Top of Data for the task
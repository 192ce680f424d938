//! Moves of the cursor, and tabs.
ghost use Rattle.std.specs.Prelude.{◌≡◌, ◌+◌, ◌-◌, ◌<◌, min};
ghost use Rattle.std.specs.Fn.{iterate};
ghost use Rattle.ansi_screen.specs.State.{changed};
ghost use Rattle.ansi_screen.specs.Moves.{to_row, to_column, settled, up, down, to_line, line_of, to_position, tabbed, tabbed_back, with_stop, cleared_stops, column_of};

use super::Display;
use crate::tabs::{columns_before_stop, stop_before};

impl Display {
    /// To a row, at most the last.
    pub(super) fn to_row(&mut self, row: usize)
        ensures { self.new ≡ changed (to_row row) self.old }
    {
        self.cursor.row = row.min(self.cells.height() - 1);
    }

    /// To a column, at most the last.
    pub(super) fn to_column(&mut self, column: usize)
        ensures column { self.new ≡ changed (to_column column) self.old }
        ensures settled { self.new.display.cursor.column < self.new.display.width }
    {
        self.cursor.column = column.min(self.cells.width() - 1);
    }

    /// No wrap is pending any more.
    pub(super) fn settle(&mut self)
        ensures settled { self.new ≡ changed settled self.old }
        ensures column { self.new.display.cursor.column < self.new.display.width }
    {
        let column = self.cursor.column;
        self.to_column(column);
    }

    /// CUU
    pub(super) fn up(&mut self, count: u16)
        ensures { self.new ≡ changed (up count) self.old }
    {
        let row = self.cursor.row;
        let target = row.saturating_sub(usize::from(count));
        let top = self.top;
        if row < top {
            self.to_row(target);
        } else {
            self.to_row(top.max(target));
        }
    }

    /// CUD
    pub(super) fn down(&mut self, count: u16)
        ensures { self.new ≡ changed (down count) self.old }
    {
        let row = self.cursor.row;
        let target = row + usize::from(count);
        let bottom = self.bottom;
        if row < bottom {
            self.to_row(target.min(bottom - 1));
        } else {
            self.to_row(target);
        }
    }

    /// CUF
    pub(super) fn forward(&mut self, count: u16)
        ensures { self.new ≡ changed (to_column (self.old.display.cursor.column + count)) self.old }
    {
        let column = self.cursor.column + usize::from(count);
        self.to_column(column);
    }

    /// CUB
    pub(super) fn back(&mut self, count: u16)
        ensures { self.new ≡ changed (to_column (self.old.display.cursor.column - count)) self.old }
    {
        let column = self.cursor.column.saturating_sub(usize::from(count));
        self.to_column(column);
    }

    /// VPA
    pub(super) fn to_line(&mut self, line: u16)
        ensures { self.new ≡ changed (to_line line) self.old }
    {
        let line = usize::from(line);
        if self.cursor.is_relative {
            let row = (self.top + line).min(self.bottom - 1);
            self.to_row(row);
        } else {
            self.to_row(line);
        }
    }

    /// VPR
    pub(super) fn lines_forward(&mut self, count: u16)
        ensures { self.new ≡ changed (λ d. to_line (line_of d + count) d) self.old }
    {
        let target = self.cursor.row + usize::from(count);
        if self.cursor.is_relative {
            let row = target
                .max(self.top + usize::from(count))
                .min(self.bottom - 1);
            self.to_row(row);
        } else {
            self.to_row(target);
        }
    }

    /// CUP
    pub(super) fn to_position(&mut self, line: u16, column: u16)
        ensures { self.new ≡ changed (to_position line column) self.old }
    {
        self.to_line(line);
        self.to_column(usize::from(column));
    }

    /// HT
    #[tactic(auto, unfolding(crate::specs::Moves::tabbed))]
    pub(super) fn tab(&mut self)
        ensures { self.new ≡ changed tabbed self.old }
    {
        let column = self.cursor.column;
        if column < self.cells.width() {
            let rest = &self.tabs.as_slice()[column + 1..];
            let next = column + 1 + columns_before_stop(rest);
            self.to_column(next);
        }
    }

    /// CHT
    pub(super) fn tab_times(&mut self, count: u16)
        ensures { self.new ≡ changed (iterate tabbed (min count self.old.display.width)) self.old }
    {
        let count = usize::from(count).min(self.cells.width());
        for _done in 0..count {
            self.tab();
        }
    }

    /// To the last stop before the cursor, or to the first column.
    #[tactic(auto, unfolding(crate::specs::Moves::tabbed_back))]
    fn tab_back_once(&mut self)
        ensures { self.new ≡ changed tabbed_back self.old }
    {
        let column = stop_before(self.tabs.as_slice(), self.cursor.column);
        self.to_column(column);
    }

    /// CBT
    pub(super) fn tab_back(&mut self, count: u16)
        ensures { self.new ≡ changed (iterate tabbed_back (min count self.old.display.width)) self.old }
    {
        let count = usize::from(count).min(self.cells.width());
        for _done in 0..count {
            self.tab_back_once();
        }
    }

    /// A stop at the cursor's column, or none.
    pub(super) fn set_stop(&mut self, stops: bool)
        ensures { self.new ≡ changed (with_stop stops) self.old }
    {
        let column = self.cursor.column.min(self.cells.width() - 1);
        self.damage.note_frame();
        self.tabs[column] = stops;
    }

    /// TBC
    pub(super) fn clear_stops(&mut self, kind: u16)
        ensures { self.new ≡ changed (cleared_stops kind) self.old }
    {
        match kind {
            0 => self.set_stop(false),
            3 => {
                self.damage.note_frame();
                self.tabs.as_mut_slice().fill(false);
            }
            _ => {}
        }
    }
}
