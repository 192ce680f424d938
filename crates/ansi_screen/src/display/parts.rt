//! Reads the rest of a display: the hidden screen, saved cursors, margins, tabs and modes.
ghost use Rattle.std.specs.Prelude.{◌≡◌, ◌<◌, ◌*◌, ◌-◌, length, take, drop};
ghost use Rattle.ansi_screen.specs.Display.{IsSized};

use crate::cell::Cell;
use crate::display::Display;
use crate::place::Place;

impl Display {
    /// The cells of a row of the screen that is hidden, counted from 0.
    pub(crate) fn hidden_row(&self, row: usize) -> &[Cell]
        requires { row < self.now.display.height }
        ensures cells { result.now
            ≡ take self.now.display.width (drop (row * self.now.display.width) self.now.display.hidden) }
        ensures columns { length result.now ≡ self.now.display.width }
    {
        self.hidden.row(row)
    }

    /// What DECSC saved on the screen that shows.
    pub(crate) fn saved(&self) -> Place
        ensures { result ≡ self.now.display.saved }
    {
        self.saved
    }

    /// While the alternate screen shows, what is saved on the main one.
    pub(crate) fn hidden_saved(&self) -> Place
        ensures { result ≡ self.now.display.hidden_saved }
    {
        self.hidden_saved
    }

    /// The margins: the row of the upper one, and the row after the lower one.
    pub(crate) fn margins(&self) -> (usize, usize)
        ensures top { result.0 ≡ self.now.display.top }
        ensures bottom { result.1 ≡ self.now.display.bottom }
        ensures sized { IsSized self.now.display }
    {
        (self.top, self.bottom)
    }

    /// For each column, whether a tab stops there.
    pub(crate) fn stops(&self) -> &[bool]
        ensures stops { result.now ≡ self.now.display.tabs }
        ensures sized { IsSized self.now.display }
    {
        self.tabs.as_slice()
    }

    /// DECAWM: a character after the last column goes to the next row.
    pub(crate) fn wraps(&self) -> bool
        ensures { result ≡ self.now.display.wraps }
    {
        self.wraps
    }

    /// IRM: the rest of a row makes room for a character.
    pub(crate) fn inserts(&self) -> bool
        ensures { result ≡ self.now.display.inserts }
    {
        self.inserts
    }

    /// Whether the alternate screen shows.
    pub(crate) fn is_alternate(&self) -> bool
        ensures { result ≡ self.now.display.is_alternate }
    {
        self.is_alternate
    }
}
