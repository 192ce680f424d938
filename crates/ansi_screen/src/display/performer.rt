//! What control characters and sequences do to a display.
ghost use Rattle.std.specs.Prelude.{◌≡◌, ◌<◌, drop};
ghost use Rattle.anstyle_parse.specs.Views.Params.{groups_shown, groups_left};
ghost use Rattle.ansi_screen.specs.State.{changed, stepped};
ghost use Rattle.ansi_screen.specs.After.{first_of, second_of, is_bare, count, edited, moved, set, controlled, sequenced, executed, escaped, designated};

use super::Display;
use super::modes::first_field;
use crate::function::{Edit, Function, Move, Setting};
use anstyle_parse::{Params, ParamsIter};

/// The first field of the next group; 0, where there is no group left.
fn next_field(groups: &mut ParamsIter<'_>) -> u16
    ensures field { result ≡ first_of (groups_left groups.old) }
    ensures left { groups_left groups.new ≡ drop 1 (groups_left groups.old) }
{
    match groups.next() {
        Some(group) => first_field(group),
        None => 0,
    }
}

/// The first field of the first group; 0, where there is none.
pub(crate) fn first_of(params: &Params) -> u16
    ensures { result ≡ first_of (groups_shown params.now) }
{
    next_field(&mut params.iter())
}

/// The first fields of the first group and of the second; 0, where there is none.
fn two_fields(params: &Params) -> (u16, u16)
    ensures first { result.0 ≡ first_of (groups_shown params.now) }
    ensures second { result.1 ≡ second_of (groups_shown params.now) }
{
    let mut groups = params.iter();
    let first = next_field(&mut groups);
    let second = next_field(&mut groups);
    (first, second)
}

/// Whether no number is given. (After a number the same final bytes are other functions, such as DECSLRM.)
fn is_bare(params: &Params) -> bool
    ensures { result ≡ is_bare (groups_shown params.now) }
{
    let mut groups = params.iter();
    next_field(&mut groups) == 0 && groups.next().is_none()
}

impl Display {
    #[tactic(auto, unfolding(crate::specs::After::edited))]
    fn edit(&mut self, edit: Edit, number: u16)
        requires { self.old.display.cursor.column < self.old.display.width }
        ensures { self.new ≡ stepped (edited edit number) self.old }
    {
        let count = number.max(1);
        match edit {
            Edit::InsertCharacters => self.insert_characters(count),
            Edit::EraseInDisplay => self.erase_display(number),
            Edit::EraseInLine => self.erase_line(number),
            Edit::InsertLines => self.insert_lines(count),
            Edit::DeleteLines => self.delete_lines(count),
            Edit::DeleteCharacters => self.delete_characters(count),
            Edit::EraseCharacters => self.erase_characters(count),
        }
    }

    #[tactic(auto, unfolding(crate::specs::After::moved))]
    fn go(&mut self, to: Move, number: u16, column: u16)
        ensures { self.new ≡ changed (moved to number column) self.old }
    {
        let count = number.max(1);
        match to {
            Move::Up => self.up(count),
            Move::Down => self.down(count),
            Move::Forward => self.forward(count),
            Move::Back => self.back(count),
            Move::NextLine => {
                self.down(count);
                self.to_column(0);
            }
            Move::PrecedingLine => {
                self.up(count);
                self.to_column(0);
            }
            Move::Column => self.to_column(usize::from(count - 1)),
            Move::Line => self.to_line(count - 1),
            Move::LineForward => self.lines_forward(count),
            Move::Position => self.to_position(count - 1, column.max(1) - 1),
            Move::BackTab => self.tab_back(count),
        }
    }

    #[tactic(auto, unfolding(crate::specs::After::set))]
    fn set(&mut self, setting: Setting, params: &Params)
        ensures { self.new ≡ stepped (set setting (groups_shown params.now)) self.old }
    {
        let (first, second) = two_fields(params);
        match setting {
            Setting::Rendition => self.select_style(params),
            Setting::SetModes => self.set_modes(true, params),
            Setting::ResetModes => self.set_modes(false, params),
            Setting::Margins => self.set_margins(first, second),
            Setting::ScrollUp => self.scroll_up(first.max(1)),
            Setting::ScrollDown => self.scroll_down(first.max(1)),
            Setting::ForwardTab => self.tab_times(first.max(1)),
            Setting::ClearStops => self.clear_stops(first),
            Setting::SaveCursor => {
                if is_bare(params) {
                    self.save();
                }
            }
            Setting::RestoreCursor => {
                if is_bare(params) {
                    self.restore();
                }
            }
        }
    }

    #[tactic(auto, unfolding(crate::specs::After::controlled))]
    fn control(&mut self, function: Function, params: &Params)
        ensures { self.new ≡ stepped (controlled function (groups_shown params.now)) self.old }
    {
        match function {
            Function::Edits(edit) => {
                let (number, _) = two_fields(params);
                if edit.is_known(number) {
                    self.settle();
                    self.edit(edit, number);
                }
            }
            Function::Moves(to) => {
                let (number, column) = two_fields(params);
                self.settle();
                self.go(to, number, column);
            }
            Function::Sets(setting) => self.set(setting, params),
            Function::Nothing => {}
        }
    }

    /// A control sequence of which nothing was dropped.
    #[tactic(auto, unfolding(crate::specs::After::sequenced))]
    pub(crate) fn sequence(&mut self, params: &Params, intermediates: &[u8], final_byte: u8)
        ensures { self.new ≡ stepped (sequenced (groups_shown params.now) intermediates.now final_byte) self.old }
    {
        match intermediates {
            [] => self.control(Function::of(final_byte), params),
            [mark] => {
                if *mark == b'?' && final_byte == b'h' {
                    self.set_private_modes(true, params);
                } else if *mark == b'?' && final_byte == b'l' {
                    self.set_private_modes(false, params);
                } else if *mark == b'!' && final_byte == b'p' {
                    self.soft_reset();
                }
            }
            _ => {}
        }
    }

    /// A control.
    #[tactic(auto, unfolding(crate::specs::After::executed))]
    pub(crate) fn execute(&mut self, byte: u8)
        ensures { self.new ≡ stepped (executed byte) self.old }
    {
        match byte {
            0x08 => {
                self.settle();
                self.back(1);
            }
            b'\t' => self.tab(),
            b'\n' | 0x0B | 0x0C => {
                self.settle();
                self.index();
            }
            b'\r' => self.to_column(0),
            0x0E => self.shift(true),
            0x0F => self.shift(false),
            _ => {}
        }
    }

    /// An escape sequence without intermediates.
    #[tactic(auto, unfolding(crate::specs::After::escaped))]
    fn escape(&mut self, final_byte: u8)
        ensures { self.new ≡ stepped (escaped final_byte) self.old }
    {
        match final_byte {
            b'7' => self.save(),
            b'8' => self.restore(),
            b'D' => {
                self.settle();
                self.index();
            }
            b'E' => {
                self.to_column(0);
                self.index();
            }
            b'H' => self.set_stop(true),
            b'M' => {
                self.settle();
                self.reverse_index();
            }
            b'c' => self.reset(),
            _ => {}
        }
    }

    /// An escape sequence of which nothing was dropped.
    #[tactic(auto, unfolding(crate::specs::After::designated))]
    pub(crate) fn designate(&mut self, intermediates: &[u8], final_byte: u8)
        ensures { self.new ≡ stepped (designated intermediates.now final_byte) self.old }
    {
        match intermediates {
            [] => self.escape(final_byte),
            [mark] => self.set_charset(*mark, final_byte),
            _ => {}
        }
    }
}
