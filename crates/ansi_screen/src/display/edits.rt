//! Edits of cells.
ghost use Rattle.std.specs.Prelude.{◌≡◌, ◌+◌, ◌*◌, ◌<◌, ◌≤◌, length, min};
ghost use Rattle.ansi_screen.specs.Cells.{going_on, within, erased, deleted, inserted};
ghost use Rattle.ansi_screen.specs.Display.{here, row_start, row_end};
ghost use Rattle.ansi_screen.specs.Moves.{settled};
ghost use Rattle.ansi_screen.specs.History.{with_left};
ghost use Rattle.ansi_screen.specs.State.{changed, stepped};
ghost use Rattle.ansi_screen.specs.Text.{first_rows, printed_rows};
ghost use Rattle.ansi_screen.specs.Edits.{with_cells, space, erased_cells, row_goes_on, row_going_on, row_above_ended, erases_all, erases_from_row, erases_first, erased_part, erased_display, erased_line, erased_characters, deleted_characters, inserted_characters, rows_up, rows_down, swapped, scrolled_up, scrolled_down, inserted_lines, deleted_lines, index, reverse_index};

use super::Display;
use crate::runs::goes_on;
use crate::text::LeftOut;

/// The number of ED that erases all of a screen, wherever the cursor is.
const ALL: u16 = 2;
Bottom of Data for the task
- **Activity**
Above are the entries. Output exactly the lines beginning with the line that has "#[tactic(auto, unfolding(crate::specs::After::controlled))]" and ending with the line that has "pub(crate) fn sequence(&mut".

- **Your solution**
    #[tactic(auto, unfolding(crate::specs::After::controlled))]
    fn control(&mut self, function: Function, params: &Params)
        ensures { self.new ≡ stepped (controlled function (groups_shown params.now)) self.old }
    {
        match function {
            Function::Edits(edit) => {
                let (number, _) = two_fields(params);
                if edit.is_known(number) {
                    self.settle();
                    self.edit(edit, number);
                }
            }
            Function::Moves(to) => {
                let (number, column) = two_fields(params);
                self.settle();
                self.go(to, number, column);
            }
            Function::Sets(setting) => self.set(setting, params),
            Function::Nothing => {}
        }
    }

    /// A control sequence of which nothing was dropped.
    #[tactic(auto, unfolding(crate::specs::After::sequenced))]
    pub(crate) fn sequence(&mut self, params: &Params, intermediates: &[u8], final_byte: u8)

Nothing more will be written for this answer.